• _Exercise input_
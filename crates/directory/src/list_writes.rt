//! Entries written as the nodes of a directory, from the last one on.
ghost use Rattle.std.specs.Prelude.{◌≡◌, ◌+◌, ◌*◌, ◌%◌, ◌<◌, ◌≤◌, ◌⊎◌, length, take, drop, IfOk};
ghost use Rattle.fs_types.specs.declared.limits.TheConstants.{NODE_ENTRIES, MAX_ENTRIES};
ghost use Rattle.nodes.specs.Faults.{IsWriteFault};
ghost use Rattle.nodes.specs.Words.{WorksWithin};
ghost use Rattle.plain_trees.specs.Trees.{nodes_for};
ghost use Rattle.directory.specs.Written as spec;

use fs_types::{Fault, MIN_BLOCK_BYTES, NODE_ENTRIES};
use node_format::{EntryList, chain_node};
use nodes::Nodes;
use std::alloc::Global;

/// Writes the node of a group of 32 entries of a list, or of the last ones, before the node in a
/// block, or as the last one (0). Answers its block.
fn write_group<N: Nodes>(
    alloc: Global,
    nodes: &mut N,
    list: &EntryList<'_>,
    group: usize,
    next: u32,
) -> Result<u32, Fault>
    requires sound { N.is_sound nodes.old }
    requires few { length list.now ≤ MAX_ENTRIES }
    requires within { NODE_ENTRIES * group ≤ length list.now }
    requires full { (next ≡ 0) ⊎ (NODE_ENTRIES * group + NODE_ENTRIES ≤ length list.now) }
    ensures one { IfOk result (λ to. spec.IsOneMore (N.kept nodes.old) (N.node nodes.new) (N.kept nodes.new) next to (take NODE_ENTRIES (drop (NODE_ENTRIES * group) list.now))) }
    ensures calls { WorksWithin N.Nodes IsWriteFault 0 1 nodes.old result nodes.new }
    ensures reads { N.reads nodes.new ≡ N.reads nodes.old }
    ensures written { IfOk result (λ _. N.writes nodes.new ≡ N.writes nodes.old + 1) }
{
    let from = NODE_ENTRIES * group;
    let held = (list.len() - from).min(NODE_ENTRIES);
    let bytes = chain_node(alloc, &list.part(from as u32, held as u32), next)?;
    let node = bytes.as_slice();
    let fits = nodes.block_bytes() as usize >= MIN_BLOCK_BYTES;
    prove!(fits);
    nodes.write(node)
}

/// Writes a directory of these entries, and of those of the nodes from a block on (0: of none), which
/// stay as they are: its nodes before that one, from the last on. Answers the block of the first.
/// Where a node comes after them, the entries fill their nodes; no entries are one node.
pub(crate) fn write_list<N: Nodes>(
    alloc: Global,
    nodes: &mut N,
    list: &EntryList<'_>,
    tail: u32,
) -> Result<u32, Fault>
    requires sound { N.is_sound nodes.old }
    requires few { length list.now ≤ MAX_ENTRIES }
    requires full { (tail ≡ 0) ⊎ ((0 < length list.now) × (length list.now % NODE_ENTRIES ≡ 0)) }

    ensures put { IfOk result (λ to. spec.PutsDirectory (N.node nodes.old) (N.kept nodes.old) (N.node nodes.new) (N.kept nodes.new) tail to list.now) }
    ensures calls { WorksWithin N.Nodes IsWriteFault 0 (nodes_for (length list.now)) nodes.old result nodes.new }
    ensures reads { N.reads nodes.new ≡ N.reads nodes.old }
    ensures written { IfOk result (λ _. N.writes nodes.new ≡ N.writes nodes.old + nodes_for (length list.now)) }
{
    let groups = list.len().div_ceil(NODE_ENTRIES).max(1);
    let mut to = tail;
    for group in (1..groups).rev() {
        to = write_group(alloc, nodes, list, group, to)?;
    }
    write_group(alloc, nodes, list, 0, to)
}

• _Task details_
With nothing left out, print the data above exactly.

• _Response to the task_
filename crates/directory/src/list_writes.rt
//! Entries written as the nodes of a directory, from the last one on.
ghost use Rattle.std.specs.Prelude.{◌≡◌, ◌+◌, ◌*◌, ◌%◌, ◌<◌, ◌≤◌, ◌⊎◌, length, take, drop, IfOk};
ghost use Rattle.fs_types.specs.declared.limits.TheConstants.{NODE_ENTRIES, MAX_ENTRIES};
ghost use Rattle.nodes.specs.Faults.{IsWriteFault};
ghost use Rattle.nodes.specs.Words.{WorksWithin};
ghost use Rattle.plain_trees.specs.Trees.{nodes_for};
ghost use Rattle.directory.specs.Written as spec;

use fs_types::{Fault, MIN_BLOCK_BYTES, NODE_ENTRIES};
use node_format::{EntryList, chain_node};
use nodes::Nodes;
use std::alloc::Global;

/// Writes the node of a group of 32 entries of a list, or of the last ones, before the node in a
/// block, or as the last one (0). Answers its block.
fn write_group<N: Nodes>(
    alloc: Global,
    nodes: &mut N,
    list: &EntryList<'_>,
    group: usize,
    next: u32,
) -> Result<u32, Fault>
    requires sound { N.is_sound nodes.old }
    requires few { length list.now ≤ MAX_ENTRIES }
    requires within { NODE_ENTRIES * group ≤ length list.now }
    requires full { (next ≡ 0) ⊎ (NODE_ENTRIES * group + NODE_ENTRIES ≤ length list.now) }
    ensures one { IfOk result (λ to. spec.IsOneMore (N.kept nodes.old) (N.node nodes.new) (N.kept nodes.new) next to (take NODE_ENTRIES (drop (NODE_ENTRIES * group) list.now))) }
    ensures calls { WorksWithin N.Nodes IsWriteFault 0 1 nodes.old result nodes.new }
    ensures reads { N.reads nodes.new ≡ N.reads nodes.old }
    ensures written { IfOk result (λ _. N.writes nodes.new ≡ N.writes nodes.old + 1) }
{
    let from = NODE_ENTRIES * group;
    let held = (list.len() - from).min(NODE_ENTRIES);
    let bytes = chain_node(alloc, &list.part(from as u32, held as u32), next)?;
    let node = bytes.as_slice();
    let fits = nodes.block_bytes() as usize >= MIN_BLOCK_BYTES;
    prove!(fits);
    nodes.write(node)
}

/// Writes a directory of these entries, and of those of the nodes from a block on (0: of none), which
/// stay as they are: its nodes before that one, from the last on. Answers the block of the first.
/// Where a node comes after them, the entries fill their nodes; no entries are one node.
pub(crate) fn write_list<N: Nodes>(
    alloc: Global,
    nodes: &mut N,
    list: &EntryList<'_>,
    tail: u32,
) -> Result<u32, Fault>
    requires sound { N.is_sound nodes.old }
    requires few { length list.now ≤ MAX_ENTRIES }
    requires full { (tail ≡ 0) ⊎ ((0 < length list.now) × (length list.now % NODE_ENTRIES ≡ 0)) }

    ensures put { IfOk result (λ to. spec.PutsDirectory (N.node nodes.old) (N.kept nodes.old) (N.node nodes.new) (N.kept nodes.new) tail to list.now) }
    ensures calls { WorksWithin N.Nodes IsWriteFault 0 (nodes_for (length list.now)) nodes.old result nodes.new }
    ensures reads { N.reads nodes.new ≡ N.reads nodes.old }
    ensures written { IfOk result (λ _. N.writes nodes.new ≡ N.writes nodes.old + nodes_for (length list.now)) }
{
    let groups = list.len().div_ceil(NODE_ENTRIES).max(1);
    let mut to = tail;
    for group in (1..groups).rev() {
        to = write_group(alloc, nodes, list, group, to)?;
    }
    write_group(alloc, nodes, list, 0, to)
}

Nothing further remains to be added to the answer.